Hardware Infrastructure Global Viewpoint – August 2021

Value Of Your Data

As more broadcasters move to Cloud and IP infrastructures, the power of automation is becoming clear. However, to really gain the benefits that flexibility promises to deliver, we need to look more closely at the wealth of data already available to streamline workflows.

The beauty of the pay-per-use infrastructures offered by cloud computing is that we can scale systems to deliver resource to meet peak demand when needed and scale it down again when the demand subsides, thus keeping operational costs directly proportional to program output.

Scaling resource is a well-documented process and many of the public cloud vendors have available learning resource and examples of how to achieve this. But the big question is how do we know when to scale up and scale down?

As I see it, there are two solutions to this challenge: reactive and proactive prediction.

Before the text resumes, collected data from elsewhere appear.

//! Fields of messages in network byte order, the Internet checksum, and what several crates of objects share.
//!
//! - `Cursor`: `u8` to `u64` and `take` give the number or the bytes at the front. None comes exactly when too few
//!   bytes are left, and then the cursor stays.
//! - `push_u8` to `push_u32`, `put_u8` to `put_u32`: these append a number, the highest byte first.
//! - `internet_checksum`: the one's complement of the sum of all 16-bit words in one's complement (RFC 1071), by
//!   `checksum_of`.
//! - Law `carries_may_wait`: words that are added one by one in one's complement have the sum that all have at once.
//! - Law `right_checksums_cancel`: if the sum of the other words is above 0, a field has their checksum exactly when
//!   the checksum of the whole is 0.
//! - Law `pieces_keep_words`: the words of two pieces are those of the whole, if the first piece has no odd byte.
//! - `Reads`: a reader gives a value exactly when the bytes have that meaning, and it is the only one (`found`,
//!   `only`). `Decodes` is the same, out of memory aside, and NotMessage comes exactly when they have none
//!   (`not_message`). By the lemma `one_meaning` bytes that are read so have one meaning.
//! - `AppendsBytes`: a writer's bytes are behind what was there (`ok`). Otherwise nothing has changed (`err`), and
//!   too little room was reserved (`full`).
//! - `read_hex`, `push_hex`: two digits a byte, read in either case and written in upper case. None comes exactly when
//!   the text has another form. Law `hex_comes_back`: what is written of bytes is read as those bytes.
//! - `read_steps`, `write_steps`: routes, by law `routes_come_back`. Law `routes` tells a step's type and size.
//! - `at_most_one`: the value of the one TLV of a type, if there is one (`some`, `value`). None comes exactly when the
//!   bytes aren't TLVs or two are of that type (`none`). `next_tlv` gives the TLV at the front.
//! - `AreItems`: items one after the other, to the end of the bytes, as routes, TLVs and objects are.
//!
//! Tested: codec_tests have checksums of RFC 1071's example, of no bytes and of an odd number, and fields and routes in
//! messages. `tests/test_decode.py` has right and wrong checksums of messages.
#![tactic(auto)]

pub mod checksum;
pub mod constants;
pub mod cursor;
pub mod hex;
pub mod objects;
pub mod pushes;
pub mod routes;
pub mod tlv;

pub use checksum::internet_checksum;
pub use cursor::Cursor;
pub use hex::{hex_digit, push_hex, read_hex};
pub use objects::put_header;
pub use pushes::{push_u8, push_u16, push_u24, push_u32, put_u8, put_u16, put_u24, put_u32};
pub use routes::{read_steps, write_steps};
pub use tlv::{at_most_one, next_tlv};
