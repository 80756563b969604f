// Breaks and repairs: the first repair of an order for one or two lost lots.
#![tactic(auto)]

ghost use Rattle.std.specs.Prelude.{◌≡◌, ◌+◌, ◌-◌, ◌≤◌, ◌<◌, length, get_or, take};
ghost use Rattle.lex.specs.Every.{every, one_if, count};
ghost use Rattle.week.specs.Refusal.{answer};
ghost use Rattle.week.specs.Rules.{bit_of};
ghost use Rattle.week.specs.Tables.{lent};
ghost use Rattle.repair.specs.Repair.{is_lost, replaces, yields, helps, may_go, moves, goes_at, moves_at, mends_half, mends_at, repair_half, stays, stays_at, must_move, few_ahead, leads_at};
ghost use Rattle.repair.specs.Found.{lots_of, case_of, rules_in, Counts, Picks, Gives};
ghost use Rattle.repair.specs.Break.{LostList, lot_below, lot_ascends, lost_ok, row_number, row_count};
ghost use Rattle.repair.specs.Service.{repair_lengths, Repaired, row_numbers, row_lengths, row_answer, row_part};

use week::{Lot, Numbers, Order, Refusal, Slot, Week};

// The lots lost at once: two in ascending order, or one, which is then named twice.
#[derive(Clone, Copy, Debug, PartialEq, Eq)]
pub struct Lost(pub Lot, pub Lot);

impl Lost {
    // Whether a lot is lost.
    #[tactic(auto, using(crate::proofs::Mends::lost_either))]
    pub fn has(self, p: Lot) -> bool
        ensures { result ≡ is_lost (lots_of self) p.0 }
    {
        p == self.0 || p == self.1
    }
}

// An order of a week, and the lots that are lost from it.
#[derive(Clone, Copy)]
pub struct Case<'a> {
    pub week: Week<'a>,
    pub order: &'a [u8],
    pub lost: Lost,
}

// The beginning of a repair: the slots that `to` gives the lots before p, of which `moved` move.
#[derive(Clone, Copy)]
struct Begun<'a> {
    to: &'a [u8],
    p: Lot,
    moved: u32,
}

// Whether a lost lot may go from slot w to slot v: another slot, and under alternative rule 1 one beyond the gap.
#[tactic(auto, unfolding(crate::specs::Repair::replaces))]
fn replaces_slot(numbers: Numbers, w: Slot, v: Slot) -> bool
    ensures { result ≡ replaces numbers w.0 v.0 }
{
    let beyond = u64::from(w.0) + u64::from(numbers.gap) < u64::from(v.0);
    w != v && (numbers.alternative != 1 || beyond)
}

// Whether a lot that is not lost may go from slot w to slot v: it stays, or w is in its give word.
#[tactic(auto, unfolding(crate::specs::Repair::yields))]
fn yields_slot(give: u16, w: Slot, v: Slot) -> bool
    ensures { result ≡ yields give w.0 v.0 }
{
    w == v || week::bit(give, w)
}

// Whether the helper rule lets a lot go from slot w to slot v.
#[tactic(auto, unfolding(crate::specs::Repair::helps))]
fn helps_slot(numbers: Numbers, w: Slot, v: Slot) -> bool
    ensures { result ≡ helps numbers w.0 v.0 }
{
    numbers.helper != 1 || w <= v
}

impl Case<'_> {
    // Whether a lot may go from where it stands to slot v, whatever the other lots do.
    pub fn may_go(&self, p: Lot, v: Slot) -> bool
        ensures { result ≡ may_go (case_of self.now) p.0 v.0 }
    {
        let w = week::slot_in(self.order, p);
        if !helps_slot(self.week.numbers, w, v) {
            return false;
        }
        if self.lost.has(p) {
            return replaces_slot(self.week.numbers, w, v);
        }
        yields_slot(week::word_of(self.week.give, p), w, v)
    }

    // Whether a lot is not lost, and slot v is not where it stands.
    #[tactic(auto, unfolding(crate::specs::Repair::moves))]
    fn moves_to(&self, p: Lot, v: Slot) -> bool
        ensures { result ≡ moves (case_of self.now) p.0 v.0 }
    {
        !self.lost.has(p) && week::slot_in(self.order, p) != v
    }

    // Whether a lot moves, of those that are not lost, where `to` has it.
    #[tactic(auto, unfolding(crate::specs::Repair::moves_at))]
    fn moves_at(&self, to: &[u8], p: Lot) -> bool
        ensures { result ≡ moves_at (case_of self.now) to.now p.0 }
    {
        self.moves_to(p, week::slot_in(to, p))
    }

    // Whether every lot may go where `to` has it.
    fn all_go(&self, to: &[u8]) -> bool
        requires { length to.now ≤ 24 }
        ensures { result ≡ every (goes_at (case_of self.now) to.now) (length to.now) }
    {
        (0..to.len() as u8).all(|p| self.may_go(Lot(p), week::slot_in(to, Lot(p))))
    }

    // How many of the first d lots move, of those that are not lost, where `to` has them.
    fn count_moves(&self, to: &[u8], d: u8) -> u32
        ensures { result ≡ count (moves_at (case_of self.now) to.now) d }
    {
        let mut moved = 0;
        for p in 0..d {
            moved += u32::from(self.moves_at(to, Lot(p)));
        }
        moved
    }

    // Whether `to` is a repair. Inner layers share it: they know that it has at most 24 places.
    #[tactic(auto, unfolding(crate::specs::Repair::mends_half))]
    pub fn is_repair(&self, to: &[u8]) -> bool
        requires { length to.now ≤ 24 }
        ensures { result ≡ mends_half (rules_in self.now) (case_of self.now) to.now }
    {
        self.week.rules().keeps(to)
            && self.all_go(to)
            && self.count_moves(to, to.len() as u8) <= self.week.numbers.b
    }

    // Whether the next lot of a beginning may take slot v in a repair.
    #[tactic(auto, unfolding(crate::specs::Repair::mends_at), using(crate::proofs::Walks::byte_one))]
    fn mends_at(&self, begun: &Begun<'_>, v: Slot) -> bool
        requires { Counts self.now begun.now }
        ensures { result ≡ mends_at (rules_in self.now) (case_of self.now) begun.now.to.now begun.now.p.0 v.0 }
    {
        self.may_go(begun.p, v)
            && begun.moved + u32::from(self.moves_to(begun.p, v)) <= self.week.numbers.b
            && self.week.rules().fits_at(begun.to, begun.p, v)
    }

    // Whether lot q may stay where it stands, with lot u in slot x: u stands there as before, or the two may stand together.
    #[tactic(auto, unfolding(crate::specs::Repair::stays))]
    fn stays_with(&self, q: Lot, u: Lot, x: Slot) -> bool
        ensures { result ≡ stays (rules_in self.now) (case_of self.now) q.0 u.0 x.0 }
    {
        week::slot_in(self.order, u) == x
            || self
                .week
                .rules()
                .may_stand(q, week::slot_in(self.order, q), u, x)
    }

    // Whether lot q may stay where it stands, with the lots of a beginning where it has them.
    fn stays_behind(&self, begun: &Begun<'_>, q: Lot) -> bool
        ensures { result ≡ every (stays_at (rules_in self.now) (case_of self.now) begun.now.to.now q.0) begun.now.p.0 }
    {
        (0..begun.p.0).all(|u| self.stays_with(q, Lot(u), week::slot_in(begun.to, Lot(u))))
    }

    // Whether lot q, later than the next lot of a beginning and not lost, cannot stay where it stands when that one takes slot v.
    #[tactic(auto, unfolding(crate::specs::Repair::must_move))]
    fn must_move(&self, begun: &Begun<'_>, v: Slot, q: Lot) -> bool
        ensures { result ≡ must_move (rules_in self.now) (case_of self.now) begun.now.to.now begun.now.p.0 v.0 q.0 }
    {
        begun.p < q
            && !self.lost.has(q)
            && !(self.stays_with(q, begun.p, v) && self.stays_behind(begun, q))
    }

    // Whether a lot stands in a slot of its give word.
    fn gives(&self, p: Lot) -> bool
        ensures { result ≡ bit_of (get_or self.now.week.give.now p.0 0) (get_or self.now.order.now p.0 0) }
    {
        week::bit(
            week::word_of(self.week.give, p),
            week::slot_in(self.order, p),
        )
    }

    // Whether the later lots that must move may, when the next lot of a beginning takes slot v, and all that move are at most b.
    fn few_ahead(&self, begun: &Begun<'_>, v: Slot) -> bool
        requires counts { Counts self.now begun.now }
        requires few { begun.now.moved + one_if (moves (case_of self.now) begun.now.p.0 v.0) ≤ self.now.week.numbers.b }
        ensures { result ≡ few_ahead (rules_in self.now) (case_of self.now) begun.now.to.now begun.now.p.0 v.0 }
    {
        let mut all = begun.moved + u32::from(self.moves_to(begun.p, v));
        for q in begun.p.0 + 1..self.week.numbers.n as u8 {
            if self.must_move(begun, v, Lot(q)) {
                if self.week.numbers.b <= all || !self.gives(Lot(q)) {
                    return false;
                }
                all += 1;
            }
        }
        true
    }

    // Whether a repair may go on with slot v for the next lot of a beginning. Only a lot that leaves its place makes others move.
    #[tactic(auto, unfolding(crate::specs::Repair::leads_at, crate::specs::Repair::ahead))]
    fn leads_at(&self, begun: &Begun<'_>, v: Slot) -> bool
        requires { Counts self.now begun.now }
        ensures { result ≡ leads_at (rules_in self.now) (case_of self.now) begun.now.to.now begun.now.p.0 v.0 }
    {
        if !self.mends_at(begun, v) {
            return false;
        }
        week::slot_in(self.order, begun.p) == v || self.few_ahead(begun, v)
    }

    // The first slot from `from` on with which a repair may go on for lot p, behind the slots that `to` gives the lots before p.
    fn pick_slot(&self, to: &[u8], p: Lot, from: Slot) -> Option<Slot>
        requires { (p.0 < self.now.week.numbers.n) × (self.now.week.numbers.n ≤ 24) }
        ensures { Picks (leads_at (rules_in self.now) (case_of self.now) to.now p.0) from.0 result }
    {
        let moved = self.count_moves(to, p.0);
        let begun = Begun { to, p, moved };
        (from.0..16)
            .find(|v| self.leads_at(&begun, Slot(*v)))
            .map(Slot)
    }

    // The first repair: lot after lot, back one lot where no slot is left. Inner layers share it: they know that there are 1 to 24
    // lots.
    pub fn first_repair(&self) -> Option<Order>
        requires { (1 ≤ self.now.week.numbers.n) × (self.now.week.numbers.n ≤ 24) }
        ensures { Gives (repair_half (rules_in self.now) (case_of self.now)) result }
    {
        let n = self.week.numbers.n as usize;
        let mut slots = [0u8; 24];
        let mut d: usize = 0;
        let mut from: u8 = 0;
        // A search that goes back as well as on: no range or iterator walks so, and the loop keeps its own depth d.
        'lots: loop {
            match self.pick_slot(&slots, Lot(d as u8), Slot(from)) {
                Some(v) => {
                    slots[d] = v.0;
                    d += 1;
                    if d == n {
                        return Some(Order { slots });
                    }
                    from = 0;
                }
                None => {
                    if d == 0 {
                        return None;
                    }
                    d -= 1;
                    from = slots[d] + 1;
                }
            }
        }
    }
}

// Whether every lost lot is below n.
fn all_below(n: u32, lost: &[u8]) -> bool
    ensures { result ≡ every (lot_below n lost.now) (length lost.now) }
{
    lost.iter().all(|p| u32::from(*p) < n)
}

// Whether every lost lot is below the next.
fn all_ascend(lost: &[u8]) -> bool
    ensures { result ≡ every (lot_ascends lost.now) (length lost.now - 1) }
{
    lost.is_sorted_by(|p, next| *p < *next)
}

// Whether the lost lots are `least` to `most` in number, below n and ascending.
#[tactic(auto, unfolding(crate::specs::Break::lost_ok))]
fn lost_ok(n: u32, least: usize, most: usize, lost: &[u8]) -> bool
    ensures { result ≡ lost_ok n least most lost.now }
{
    least <= lost.len() && lost.len() <= most && all_below(n, lost) && all_ascend(lost)
}

// One or two ascending lots as a loss: the first and the last.
fn lost_of(lost: &[u8]) -> Lost
    requires { LostList lost.now }
    ensures { lots_of result ≡ lost.now }
{
    Lost(Lot(lost[0]), Lot(lost[lost.len() - 1]))
}

// The first bytes of `slots` into `out`, as many as it holds. Inner layers share it: they know that `slots` has as many.
pub fn copy_slots(slots: &[u8], out: &mut [u8])
    requires { length out.old ≤ length slots.now }
    ensures { out.new ≡ take (length out.old) slots.now }
{
    // Byte by byte: copy_from_slice would make the C archive ask for memmove, which it has not.
    for (i, to) in out.iter_mut().enumerate() {
        *to = slots[i];
    }
}

// Whether the order and the answer's buffer have n bytes.
#[tactic(auto, unfolding(crate::specs::Service::repair_lengths))]
fn repair_lengths(n: u32, order: &[u8], out: &[u8]) -> bool
    ensures { result ≡ repair_lengths n order.now out.now }
{
    order.len() == n as usize && out.len() == n as usize
}

// The first repair of `order` for the lots in `lost`, into `out`. Refused, with 1, 2, 3, 4, 6 or 8, `out` is as it was. Neither a
// nor the loss words matter beyond being judged: the lots are lost in fact.
pub fn repair(week: &Week<'_>, order: &[u8], lost: &[u8], out: &mut [u8]) -> Result<(), Refusal>
    ensures { Repaired (lent week.now) order.now lost.now out.old (answer result) out.new }
{
    let n = week.numbers.n;
    let one = lost_ok(n, 1, 2, lost);
    let two = repair_lengths(n, order, out);
    tables::join(one, two, tables::judge(week))?;
    if !week.rules().keeps(order) {
        return Err(Refusal::Order);
    }
    let case = Case {
        week: *week,
        order,
        lost: lost_of(lost),
    };
    let Some(found) = case.first_repair() else {
        return Err(Refusal::NoRepair);
    };
    let slots = found.slots;
    copy_slots(&slots, out);
    Ok(())
}

// Refusal 1 of row, of its two numbers.
#[tactic(auto, unfolding(crate::specs::Service::row_numbers))]
fn row_numbers(n: u32, a: u32) -> bool
    ensures { result ≡ row_numbers n a }
{
    1 <= n && n <= 24 && a <= 2
}

// How many rows a repair table has. Inner layers share it: they know the limits of n and a.
pub fn row_count(n: u32, a: u32) -> usize
    requires { (1 ≤ n) × ((n ≤ 24) × (a ≤ 2)) }
    ensures { result ≡ row_count n a }
{
    let lots = n as usize;
    match a {
        0 => 0,
        1 => lots,
        _ => lots + lots * (lots - 1) / 2,
    }
}

// The number of the row that stands for a loss.
fn row_number(n: u32, lost: Lost) -> usize
    requires { (n ≤ 24) × ((lost.0.0 ≤ lost.1.0) × (lost.1.0 < n)) }
    ensures { result ≡ row_number n (lots_of lost) }
{
    let Lost(first, last) = lost;
    if first == last {
        return usize::from(first.0);
    }
    n as usize + pairs::pair_number(n, first, last)
}

// Whether an order has n bytes and its table n bytes a row. Inner layers share it: they know the limits of n and a.
#[tactic(auto, unfolding(crate::specs::Service::row_lengths))]
pub fn row_lengths(n: u32, a: u32, order: &[u8], table: &[u8]) -> bool
    requires { (1 ≤ n) × ((n ≤ 24) × (a ≤ 2)) }
    ensures { result ≡ row_lengths n a order.now table.now }
{
    let lots = n as usize;
    order.len() == lots && table.len() == row_count(n, a) * lots
}

// Why row refuses the same inputs: with 1 or 2.
pub fn row_refusal(n: u32, a: u32, order: &[u8], table: &[u8], lost: &[u8]) -> Result<(), Refusal>
    ensures { answer result ≡ row_answer n a order.now table.now lost.now }
{
    if !row_numbers(n, a) || !lost_ok(n, 0, a as usize, lost) {
        return Err(Refusal::Numbers);
    }
    if !row_lengths(n, a, order, table) {
        return Err(Refusal::Lengths);
    }
    Ok(())
}

// The order to run: the order itself where nothing was lost, otherwise the table's row for the lost lots, as a part of what was
// lent. Refused, it is an empty part of the order and no Err: what `row` tells may not change, and it never failed.
pub fn row<'a>(n: u32, a: u32, order: &'a [u8], table: &'a [u8], lost: &[u8]) -> &'a [u8]
    ensures { result.now ≡ row_part n a order.now table.now lost.now }
{
    if row_refusal(n, a, order, table, lost).is_err() {
        return &order[0..0];
    }
    if lost.is_empty() {
        return order;
    }
    let lots = n as usize;
    let from = row_number(n, lost_of(lost)) * lots;
    &table[from..from + lots]
}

In the reactive version, we could place a measure on the job queueing system so when the number of jobs in the queue reach a threshold value then more resource is created. And when the queue drops to a level below a threshold the extra resource is closed, obviously with some hysteresis and dampening so as not to cause resource thrashing.

The proactive version would include at the very least some form of statistical analysis, or even machine learning. Looking at various trends in the data would allow us to predict how much resource we would need based on the historical patterns.

Key to both these, and more so with the machine learning solution, is the provision of data. The more diverse and plentiful the data we’re able to obtain, the more accurate will be our predictions and hence the speed with which the system can scale to our programming needs.

The great news is that broadcasters can generate much of this data for themselves specific to their operation. When building cloud infrastructures using the agile mindsets, monitoring and log generation form major components of the design. Consequently, software engineers often build detailed real-time monitoring systems into their software to provide accurate information on the operation of not only the infrastructure but also the individual software components. This is especially evident when working with microservices.

Collating and processing this colossal abundance of data is not trivial. Although machine learning requires a massive amount of data for its training, validation, and testing, it also requires the data to be presented to the models in a well-defined format. Anybody who has worked with developing machine learning based solutions will tell you they spend most of their time pre-processing the data to transfer it into a format the machine learning models can work with. That said, once the data has been understood and a format schema agreed, scaling control systems can automatically import the logs and pre-process them to provide the data needed without human intervention.

Streamlining workflows so they can meet peak demand through resource scaling should be an automated process and the metadata to do this is probably already available in the multitude of logs that are being created by the new breed of software designs. All we need to do is just gather and format the data in the form of metadata to provide the basis of a truly automated and valuable process.